Stomopnolides A-B from echinoidea sea urchin Stomopneustes variolaris: prospective natural anti-inflammatory leads attenuate pro-inflammatory 5-lipoxygenase

Two fourteen-membered macrocyclic pyrone derivatives named as stomopnolides were identified from the organic extract of echinoidea sea urchin Stomopneustes variolaris by extensive chromatographic purification, and were characterised as methyl 10-butyl-4a-methyl-2-oxo-octahydro-2H-cyclodeca[b]pyran-8-carboxylate (stomopnolide A) and methyl 8(2)-(4a-methyl-10-(10(2)-methylbutyl)-2-oxo-octahydro-2H-cyclodeca[b]pyran-8-yl)acetate (stomopnolide B) by spectroscopic methods. The macrocyclic pyrone derivative bearing pyran-8-carboxylate moiety (stomopnolide A) exhibited significantly greater antioxidant properties against 2,2-diphenyl-1-picrylhydrazyl (IC50DPPH 1.43 mM) and 2,2 '-azino-bis(3-ethylbenzothiazoline-6-sulphonic acid) (IC(50)ABTS(+) 1.63 mM) free radicals than stomopnolide B (IC50 > 1.85 mM) and the commercial standard alpha-tocopherol (IC50 1.51 mM).
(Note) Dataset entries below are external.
//! How a turn that leaves no question open ends.

ghost use Rattle.std.specs.Prelude.{◌≡◌, ◌+◌, [], ◌∷◌};
ghost use Rattle.turn_scene.specs.Bounds.{GoesOnSaying, HasRoom, parts_of_finish};
ghost use Rattle.turn_scene.specs.Bounds.{parts_of_question};
ghost use Rattle.turn_scene.specs.Scene.{scene_of, cave_of};
ghost use Rattle.cave_world.specs.declared.tables.Table.TheVariants as table;
ghost use Rattle.turn_scene.specs.Rows.{Does, by_table};
ghost use Rattle.cave_turn.specs.Finish.{is_hidden_in_hands, after_object_shown, hands_rows};
ghost use Rattle.cave_turn.specs.Finish.{after_all_shown, after_end_of_turn};

use cave_words::Named;
use cave_world::{RowNotes, Table};
use turn_clocks::consider_all;
use turn_scene::props::{OYSTER_WRITTEN_ON, UNSEEN};
use turn_scene::{Rules, Scene, rows};
use world_objects::object::OBJECTS;
use world_objects::{Object, Objects};

/// All that is in the hands shows itself.
fn show_all<N: RowNotes>(rules: &Rules<'_>, scene: &mut Scene<'_, N>)
    ensures scene { scene_of N.rows scene.new
        ≡ after_all_shown (cave_of rules.now) (scene_of N.rows scene.old) }
    ensures says { GoesOnSaying 0 scene.old scene.new }
{
    for before in 0..OBJECTS as u8 {
        show_object(rules, Object::new(before + 1), scene);
    }
}

/// In a closed cave all that is in the hands shows itself, the oyster first what is written under
/// it.
#[tactic(auto, unfolding(crate::specs::Finish::hands_rows))]
fn show_hands<N: RowNotes>(rules: &Rules<'_>, scene: &mut Scene<'_, N>)
    requires { HasRoom 1 scene.old }
    ensures rows { Does N.rows (by_table table.Hands hands_rows ∷ []) 1 rules.now tt
        scene.old scene.new }
{
    let is_closed = scene.state.closing.is_closed;
    rows! { scene, Table::Hands;
        is_closed && hides(&scene.state.objects, rules.thing(Named::Oyster)) => {
            scene.look(rules.thing(Named::Oyster), OYSTER_WRITTEN_ON);
            show_all(rules, scene);
        };
        is_closed => { show_all(rules, scene); };
    }
}

/// Ends a turn; after a question or the end of the game it does nothing more.
#[tactic(auto, unfolding(crate::specs::Finish::after_end_of_turn, crate::specs::Finish::end_rows))]
pub fn end_turn<N: RowNotes>(rules: &Rules<'_>, scene: &mut Scene<'_, N>)
    requires { HasRoom (parts_of_finish + parts_of_question) scene.old }
    ensures scene { scene_of N.rows scene.new
        ≡ after_end_of_turn (cave_of rules.now) (scene_of N.rows scene.old) }
    ensures says { GoesOnSaying parts_of_finish scene.old scene.new }
{
    if scene.state.takes_no_command() {
        return;
    }
    show_hands(rules, scene);
    consider_all(rules, scene);
}

/// Whether an object is in the hands and hasn't shown yet what it is.
fn hides(objects: &Objects, object: Object) -> bool
    ensures { result ≡ is_hidden_in_hands objects.now object }
{
    objects.is_in_hands(object) && objects.prop(object).value() < 0
}

/// An object in the hands shows what it is.
#[tactic(auto, unfolding(crate::specs::Finish::after_object_shown, crate::specs::Finish::shown_rows))]
fn show_object<N: RowNotes>(rules: &Rules<'_>, object: Object, scene: &mut Scene<'_, N>)
    ensures scene { scene_of N.rows scene.new
        ≡ after_object_shown (cave_of rules.now) object (scene_of N.rows scene.old) }
    ensures says { GoesOnSaying 0 scene.old scene.new }
{
    rows! { scene, Table::ObjectShown;
        hides(&scene.state.objects, object) => {
            let prop = scene.state.objects.prop(object).value();
            scene.set_prop(object, UNSEEN - prop);
        };
    }
}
Stomopnolide A exhibited potential attenuation property against pro-inflammatory 5-lipoxygenase (IC50 2.78 mM) than those exhibited by stomopnolide B (IC50 3.09 mM) and non-steroidal anti-inflammatory drug, ibuprofen (IC50 4.50 mM, p < 0.05), which signified the prospective anti-inflammatory activity of the former. The greater electronic parameters of stomopnolide A, along with greater number of hydrogen bonds and docking score obtained from the molecular docking studies attributed its potential anti-inflammatory activity.